Press Release
Jakarta, 19 Agustus 2026
Federasi Serikat Pengemudi Daring Indonesia (FSpeed) dengan tegas MENOLAK pengemudi ojek online (ojol), taksi online, dan kurir berbasis aplikasi dikategorikan sebagai pelaku Usaha Mikro, Kecil, dan Menengah (UMKM).
Pengemudi transportasi online adalah pekerja transportasi berbasis platform digital, bukan pengusaha yang bebas menentukan tarif, sistem kerja, algoritma, mekanisme order, maupun hubungan dengan konsumen.
Penetapan status UMKM justru berpotensi mengaburkan tanggung jawab perusahaan platform terhadap pekerja dan menggeser beban risiko usaha kepada pengemudi.
1. Presiden sendiri telah menyatakan Ojol sebagai “Pekerja”
Pada peringatan Hari Buruh Internasional 1 Mei 2026 di Monas, Presiden Prabowo Subianto secara eksplisit menyampaikan bahwa pemerintah telah menetapkan Perpres Nomor 27 Tahun 2026 tentang Perlindungan Pekerja Transportasi Online. Presiden juga menegaskan perlunya jaminan kecelakaan kerja, BPJS Kesehatan, dan perlindungan bagi pengemudi.
Karena itu, FSpeed mempertanyakan: mengapa setelah negara menyatakan ojol sebagai “pekerja transportasi online”, kini justru hendak diarahkan menjadi UMKM?
2. Pengemudi tidak memiliki karakteristik usaha yang mandiri
UMKM pada prinsipnya menjalankan kegiatan usaha secara mandiri. Sementara pengemudi platform bekerja dalam sistem yang ditentukan oleh perusahaan aplikasi: algoritma, tarif, distribusi order, rating, insentif, hingga sanksi atau suspend.
Pengemudi tidak bebas menentukan harga jasa kepada konsumen dan tidak memiliki kendali atas sistem platform.
Dengan demikian, memberikan label UMKM tidak mengubah realitas hubungan kerja yang terjadi di lapangan.
3. Jangan sampai status UMKM menjadi cara menghindari tanggung jawab
FSpeed menilai perlindungan pengemudi tidak boleh digantikan dengan sekadar pemberian label UMKM, akses pembiayaan, atau program kewirausahaan.
Yang dibutuhkan pengemudi adalah perlindungan atas pekerjaan dan penghidupannya: jaminan sosial, keselamatan kerja, pendapatan yang layak, kepastian tarif, perlindungan dari pemutusan akses sepihak, serta hubungan yang adil dengan perusahaan platform.
Akses pembiayaan tanpa kepastian pendapatan justru berpotensi menambah beban ekonomi pengemudi. Kekhawatiran serupa juga telah disampaikan dalam berbagai kajian dan pernyataan serikat pekerja.

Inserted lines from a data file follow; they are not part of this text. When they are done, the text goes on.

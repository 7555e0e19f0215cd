//! The entries of a symbol table.

ghost use Rattle.std.specs.Prelude.{◌≡◌, ◌+◌, ◌*◌, ◌≤◌, IfOk, IfErr, OnOk, IsTrue, ◌++◌, option_to_list, length};
ghost use Rattle.std.specs.String.{string_bytes};
ghost use Rattle.text_symbols.specs.Sections.{is_whole};
ghost use Rattle.text_symbols.specs.Entries.{symbol_kind, is_own, symbol_at, symbols_from, section_bytes};

use crate::fields::{byte_at, half_at, long_at, word_at};
use crate::names::name_at;
use crate::sections::Section;
use crate::symbol::{Symbol, SymbolKind};
use evm_room::{Refused, grow, push_text};
use std::alloc::Global;

/// How many bytes an entry takes.
const ENTRY_SIZE: usize = 24;

/// `SHN_UNDEF`, the section of symbols that are defined elsewhere, and `SHN_ABS`, of absolute ones.
const UNDEFINED: u16 = 0;

const ABSOLUTE: u16 = 0xfff1;

fn symbol_kind(kind: u8, section: u16) -> Option<SymbolKind>
    ensures { result ≡ symbol_kind kind section }
{
    if section == UNDEFINED {
        return None;
    }
    match kind {
        2 => Some(SymbolKind::Function),
        1 => Some(SymbolKind::Object),
        0 if section == ABSOLUTE => Some(SymbolKind::Absolute),
        0 => Some(SymbolKind::Label),
        _ => None,
    }
}

/// Whether the symbol is a label of the compiler or the assembler.
fn is_own(kind: SymbolKind, name: &str) -> bool
    ensures { result ≡ is_own kind name.now }
{
    match kind {
        SymbolKind::Label => matches!(name.as_bytes(), [b'.' | b'$', ..]),
        _ => false,
    }
}

fn owned(alloc: Global, name: &str) -> Result<String, Refused>
    ensures ok { IfOk result (λ text. string_bytes text ≡ name.now) }
    ensures refused { IfErr result (λ asked. asked ≤ length name.now) }
{
    let mut text = String::new(alloc);
    push_text(&mut text, name)?;
    Ok(text)
}

/// The symbol of the entry at an offset, if it has a name and is of a kind that matters.
#[tactic(auto, unfolding(crate::specs::Entries::symbol_at))]
fn symbol_at(alloc: Global, file: &[u8], names: &[u8], at: usize) -> Result<Option<Symbol>, Refused>
    requires { at + 24 ≤ length file.now }
    ensures ok { IfOk result (λ symbol. symbol ≡ symbol_at file.now names.now at) }
    ensures refused { IfErr result (λ asked. asked ≤ 255) }
{
    let Some(kind) = symbol_kind(byte_at(file, at + 4) % 16, half_at(file, at + 6)) else {
        return Ok(None);
    };
    let Some(name) = name_at(word_at(file, at), names) else {
        return Ok(None);
    };
    if is_own(kind, name) {
        return Ok(None);
    }
    let name = owned(alloc, name)?;
    let value = long_at(file, at + 8);
    let size = long_at(file, at + 16);
    Ok(Some(Symbol::new(name, value, size, kind)))
}

/// Puts a symbol, if there is one, behind the others.
fn push(symbols: &mut Vec<Symbol>, symbol: Option<Symbol>) -> Result<(), Refused>
    ensures ok { OnOk result (symbols.new.items ≡ symbols.old.items ++ option_to_list symbol) }
    ensures refused { IfErr result (λ asked. asked ≤ 255) }
{
    let Some(symbol) = symbol else {
        return Ok(());
    };
    grow(symbols, 1)?;
    symbols.push_reserved(symbol);
    Ok(())
}

/// The symbols of `count` entries from an offset on, whose names are in a section of names.
pub(crate) fn symbols_from(
    alloc: Global,
    file: &[u8],
    names: &[u8],
    offset: usize,
    count: usize,
) -> Result<Vec<Symbol>, Refused>
    requires { offset + 24 * count ≤ length file.now }
    ensures ok { IfOk result (λ symbols. symbols.items ≡ symbols_from file.now names.now offset count) }
    ensures refused { IfErr result (λ asked. asked ≤ 255) }
{
    let mut symbols = Vec::new(alloc);
    for i in 0..count {
        let symbol = symbol_at(alloc, file, names, offset + ENTRY_SIZE * i)?;
        push(&mut symbols, symbol)?;
    }
    Ok(symbols)
}

/// A section's bytes.
pub(crate) fn section_bytes<'a>(file: &'a [u8], section: &Section) -> &'a [u8]
    requires { IsTrue (is_whole file.now section.now) }
    ensures { result.now ≡ section_bytes file.now section.now }
{
    let offset = section.offset as usize;
    &file[offset..offset + section.size as usize]
}
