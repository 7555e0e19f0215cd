//! Files of programs: images and symbols. A file may be patched by the words of the argument: `AT=BYTE` writes a byte, in
//! hexadecimal, and `AT:NUMBER` the eight bytes of a number. The places are decimal.

use crate::call::{Call, decimal, given, hexadecimal, sides};
use crate::writing::{push, push_gap, push_hex, push_some, push_some_hexadecimal};
use evm_elf::{ElfFault, assemble, image_detail, read_image, write_bytes, write_image};
use evm_ram::Image;
use std::io::{self, ErrorKind};
use text_symbols::Symbols;

// Writes the first `size` bytes of a number at a place.
fn put(file: &mut Vec<u8>, at: u64, number: u64, size: usize) -> io::Result<()> {
    let bytes = number.to_le_bytes();
    let at = usize::try_from(at).map_err(|_| ErrorKind::InvalidInput)?;
    for (place, byte) in bytes.iter().take(size).enumerate() {
        let Some(old) = file.get_mut(at.saturating_add(place)) else {
            return Err(ErrorKind::InvalidInput.into());
        };
        *old = *byte;
    }
    Ok(())
}

fn patch(file: &mut Vec<u8>, word: &str) -> io::Result<()> {
    if let Some((at, byte)) = word.split_once('=') {
        return put(file, decimal(at)?, hexadecimal(byte)?, 1);
    }
    let (at, number) = sides(':', word)?;
    put(file, decimal(at)?, hexadecimal(number)?, 8)
}

// The file with its patches.
fn patched(call: &Call<'_>) -> io::Result<Vec<u8>> {
    let mut file = Vec::from_slice(call.alloc, call.file)?;
    for word in call.text()?.split(' ') {
        if !word.is_empty() {
            patch(&mut file, word)?;
        }
    }
    Ok(file)
}

fn push_image(out: &mut String, image: &Image) -> io::Result<()> {
    let entry = image.entry();
    write!(out, "entry {entry:x}")?;
    for segment in image.segments() {
        let address = segment.address();
        let size = segment.memsz();
        write!(out, ", {address:x} {size:x} ")?;
        push_hex(out, segment.bytes())?;
    }
    Ok(())
}

/// The image of a file: its entry, and of each segment the address, the size in memory and the bytes.
pub(crate) fn image(call: &Call<'_>, out: &mut String) -> io::Result<()> {
    match read_image(call.alloc, patched(call)?.as_slice()) {
        Ok(image) => push_image(out, &image),
        Err(fault) => Ok(write!(out, "{fault:?}")?),
    }
}

// The number of the fault, or 0.
fn fault_number(call: &Call<'_>, file: &[u8]) -> u8 {
    match read_image(call.alloc, file) {
        Ok(_) => 0,
        Err(fault) => fault.number(),
    }
}

/// The number of the fault of a file, or 0.
pub(crate) fn image_fault(call: &Call<'_>, out: &mut String) -> io::Result<()> {
    let number = fault_number(call, patched(call)?.as_slice());
    Ok(write!(out, "{number}")?)
}

// The fault of a file that has one.
fn fault_of(call: &Call<'_>, file: &[u8]) -> io::Result<ElfFault> {
    match read_image(call.alloc, file) {
        Ok(_) => Err(ErrorKind::InvalidData.into()),
        Err(fault) => Ok(fault),
    }
}

/// The message of the fault of a file, twice: by itself, and as the fault is shown.
pub(crate) fn image_told(call: &Call<'_>, out: &mut String) -> io::Result<()> {
    let fault = fault_of(call, patched(call)?.as_slice())?;
    push(out, fault.message())?;
    Ok(write!(out, "; {fault}")?)
}

/// What is behind the fault of a file.
pub(crate) fn image_behind(call: &Call<'_>, out: &mut String) -> io::Result<()> {
    let file = patched(call)?;
    let fault = fault_of(call, file.as_slice())?;
    push_some(out, image_detail(file.as_slice(), fault))
}

/// What to do about the fault of a file.
pub(crate) fn image_hint(call: &Call<'_>, out: &mut String) -> io::Result<()> {
    let file = patched(call)?;
    let fault = fault_of(call, file.as_slice())?;
    match image_detail(file.as_slice(), fault) {
        Some(detail) => push(out, detail.hint().unwrap_or("none")),
        None => push(out, "none"),
    }
}

/// The fault of each front of a file: from which length on it is which.
pub(crate) fn fronts(call: &Call<'_>, out: &mut String) -> io::Result<()> {
    let mut last = u8::MAX;
    for length in 0..=call.file.len() {
        let fault = fault_number(call, call.file.get(..length).unwrap_or(&[]));
        if fault != last {
            push_gap(out)?;
            write!(out, "{length}:{fault}")?;
            last = fault;
        }
    }
    Ok(())
}

/// The file of a source.
pub(crate) fn written(call: &Call<'_>, out: &mut String) -> io::Result<()> {
    match assemble(call.alloc, call.text()?) {
        Ok(program) => push_hex(out, given(write_image(call.alloc, &program))?.as_slice()),
        Err(fault) => Ok(write!(out, "{fault}")?),
    }
}

/// The file of some bytes.
pub(crate) fn written_bytes(call: &Call<'_>, out: &mut String) -> io::Result<()> {
    if call.argument.len() > 64 {
        return Err(ErrorKind::InvalidInput.into());
    }
    push_hex(
        out,
        given(write_bytes(call.alloc, call.argument))?.as_slice(),
    )
}

/// The symbols of a file: whether it has a table, and of each its name, value, size and kind.
pub(crate) fn symbols(call: &Call<'_>, out: &mut String) -> io::Result<()> {
    let known = given(Symbols::read(call.alloc, patched(call)?.as_slice()))?;
    let table = known.table();
    write!(out, "{table:?}")?;
    for symbol in known.symbols() {
        let name = symbol.name();
        let value = symbol.value();
        let size = symbol.size();
        let kind = symbol.kind();
        write!(out, ", {name} {value:x} {size} {kind:?}")?;
    }
    Ok(())
}

/// The name of an address, and how far it is behind it.
pub(crate) fn name_at(call: &Call<'_>, out: &mut String) -> io::Result<()> {
    let known = given(Symbols::read(call.alloc, call.file))?;
    match known.at(hexadecimal(call.text()?)?) {
        Some((name, offset)) => Ok(write!(out, "{name} {offset:x}")?),
        None => push(out, "none"),
    }
}

/// The address of a name.
pub(crate) fn address_named(call: &Call<'_>, out: &mut String) -> io::Result<()> {
    let known = given(Symbols::read(call.alloc, call.file))?;
    push_some_hexadecimal(out, known.address(call.text()?))
}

4. Konsistensi kebijakan negara harus dijaga
Perpres 27 Tahun 2026 telah menjadi momentum penting bahwa negara mengakui kebutuhan perlindungan khusus bagi pekerja transportasi online. Bahkan kebijakan tersebut mengatur pembagian pendapatan yang lebih berpihak kepada pengemudi, dengan skema yang diberitakan menjadi 92% untuk pengemudi dan maksimal 8% untuk aplikator.
Karena itu, FSpeed meminta pemerintah tidak mengambil langkah kebijakan yang justru berpotensi melemahkan semangat perlindungan pekerja sebagaimana ditegaskan Presiden pada May Day 2026.
SIKAP FSPEED
FSpeed menegaskan:
OJOL BUKAN UMKM.
OJOL ADALAH PEKERJA TRANSPORTASI BERBASIS PLATFORM DIGITAL.
Kami meminta pemerintah:
Menghentikan rencana pengkategorian pengemudi transportasi online sebagai UMKM.
Menegaskan implementasi Perpres Nomor 27 Tahun 2026 secara konsisten.
Mengakui dan memperkuat posisi pengemudi sebagai pekerja dalam ekosistem transportasi online.
Melibatkan serikat pengemudi dalam setiap perumusan kebijakan yang menyangkut kehidupan dan masa depan pengemudi.
Memastikan perusahaan platform tidak mengalihkan risiko dan tanggung jawab usahanya kepada pengemudi.
FSpeed tidak menolak program pemberdayaan ekonomi bagi pengemudi. Namun, pemberdayaan tidak boleh dijadikan alasan untuk menghilangkan hak dan perlindungan sebagai pekerja.
Kami ingin pengemudi naik kelas secara ekonomi, bukan kehilangan haknya sebagai pekerja.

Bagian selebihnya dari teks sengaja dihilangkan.